**Aim of the exercise:** Go through the material and copy each line in which the word "writes" shows up.

=== Input ===

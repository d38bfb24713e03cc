use crate::in_threads::TrialError;
use crate::stopped::{Done, Stopped};
use std::alloc::Global;
use volume_device::Planned;
use vss_names::{Numbers, Text};

/// The highest number of a call that fails.
const HIGHEST: u32 = 1_000_000;

/// Which calls fail of the devices that are made next.
#[derive(Drop)]
pub struct Plan {
    alloc: Global,
    rows: Vec<Planned>,
}

/// The numbers of `1,4-7`.
pub fn numbers_of(alloc: Global, text: &str) -> Result<Numbers, TrialError> {
    let mut numbers = Vec::new(alloc);
    for range in text.split(',') {
        let (first, last) = range.split_once('-').unwrap_or((range, range));
        for number in first.parse::<u32>()?..=last.parse::<u32>()?.min(HIGHEST) {
            numbers.push(number)?;
        }
    }
    Ok(Numbers::of(numbers))
}

/// A row of a plan by which no call fails.
pub fn unfailing(alloc: Global, name: &str) -> Result<Planned, TrialError> {
    Ok(Planned {
        name: Text::copy(alloc, name.as_bytes())?,
        refused: false,
        reads: Numbers::new(alloc),
        writes: Numbers::new(alloc),
        flushes: Numbers::new(alloc),
    })
}

/// Lets calls fail of the device of a row: their kind, `read`, `write` or `flush`, and their numbers.
fn fail(row: &mut Planned, kind: &str, numbers: Numbers) -> Done {
    match kind {
        "read" => row.reads = numbers,
        "write" => row.writes = numbers,
        "flush" => row.flushes = numbers,
        _ => return Err(Stopped),
    }
    Ok(())
}

/// The row of `DEVICE CALL NUMBERS ..`.
fn row_of(alloc: Global, words: &str) -> Result<Planned, Stopped> {
    let mut words = words.split(' ');
    let mut row = unfailing(alloc, words.next().ok_or(Stopped)?)?;
    let mut kind = None;
    for word in words {
        match kind.take() {
            Some(kind) => fail(&mut row, kind, numbers_of(alloc, word)?)?,
            None => kind = Some(word),
        }
    }
    match kind {
        Some(_) => Err(Stopped),
        None => Ok(row),
    }
}

impl Plan {
    /// No call fails.
    pub fn none(alloc: Global) -> Plan {
        Plan {
            alloc,
            rows: Vec::new(alloc),
        }
    }

    /// From now on no call fails.
    pub fn clear(&mut self) {
        self.rows.clear();
    }

    /// Calls of a device fail: `DEVICE CALL NUMBERS`, as `area read 1,4-7`, and as many kinds more.
    pub fn add(&mut self, words: &str) -> Done {
        self.rows.push(row_of(self.alloc, words)?)?;
        Ok(())
    }

    /// Takes out the first row of a device with this name.
    pub fn row(&mut self, name: &str) -> Result<Planned, Stopped> {
        for place in 0..self.rows.len() {
            if self.rows[place].name.bytes() == name.as_bytes() {
                return Ok(self.rows.swap_remove(place));
            }
        }
        Ok(unfailing(self.alloc, name)?)
    }
}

===

**Task answer:**
        writes: Numbers::new(alloc),
        "write" => row.writes = numbers,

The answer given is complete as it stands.